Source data
*** Block opens ***

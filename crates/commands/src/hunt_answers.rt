//! Runs that are caught, and what is told of them.

ghost use Rattle.std.specs.Prelude.{◌≡◌, ◌<◌, ◌≤◌, false, IfOk};
ghost use Rattle.debug_views.specs.Report.{report_text};
ghost use Rattle.commands.specs.Hunts.{caught_text, shows};
ghost use Rattle.commands.specs.Records.{pieces_text};

use crate::record_answer::RecordAnswer;
use crate::signs::{is_caught, put_signs, signs_of};
use command_words::HuntRequest;
use debug_views::report;
use std::alloc::Global;
use wasm_record::Recording;
use wasm_types::NoMemory;

/// Whether a recorded run is caught.
pub(crate) fn judge(
    alloc: Global,
    request: &HuntRequest<'_>,
    recording: &Recording,
) -> Result<bool, NoMemory>
    ensures { IfOk result (λ caught. shows request.now recording.now.recorded.end ≡ caught) }
{
    let report = report(alloc, recording.recorded().end())?;
    Ok(is_caught(request, report.as_bytes()))
}

/// What is told of a run that is caught, by its report.
fn caught_text(
    alloc: Global,
    request: &HuntRequest<'_>,
    number: u64,
    report: &[u8],
) -> Result<Vec<u8>, NoMemory>
    ensures { IfOk result (λ text. text.items ≡ caught_text request.now number report.now) }
{
    let mut text = format!(in alloc; "caught {number}\n")?.into_bytes();
    put_signs(&mut text, signs_of(request), report)?;
    Ok(text)
}

/// What is told of a recorded run that is caught.
pub(crate) fn told_of(
    alloc: Global,
    request: &HuntRequest<'_>,
    number: u64,
    recording: &Recording,
) -> Result<Vec<u8>, NoMemory>
    ensures { IfOk result (λ told. told.items ≡ caught_text request.now number (report_text recording.now.recorded.end)) }
{
    let report = report(alloc, recording.recorded().end())?;
    caught_text(alloc, request, number, report.as_bytes())
}

/// The pieces of a recorded run that is caught, and what is told of it.
pub(crate) fn caught_lines(
    alloc: Global,
    request: &HuntRequest<'_>,
    number: u64,
    recording: Recording,
) -> Result<RecordAnswer, NoMemory>
    requires some { 0 < request.now.size }
    requires few { request.now.size ≤ 4096 }
    ensures text { IfOk result (λ answer. answer.text ≡ pieces_text request.now.size recording) }
    ensures told { IfOk result (λ answer. answer.told ≡ caught_text request.now number (report_text recording.recorded.end)) }
{
    let told = told_of(alloc, request, number, &recording)?;
    RecordAnswer::of_lines(alloc, recording, request.size, told)
}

*** Block closes ***

YOUR INSTRUCTIONS
Where a line of the entries above holds the word "items", return that line.

SOLUTION TO THE EXERCISE
    ensures { IfOk result (λ text. text.items ≡ caught_text request.now number report.now) }
    ensures { IfOk result (λ told. told.items ≡ caught_text request.now number (report_text recording.now.recorded.end)) }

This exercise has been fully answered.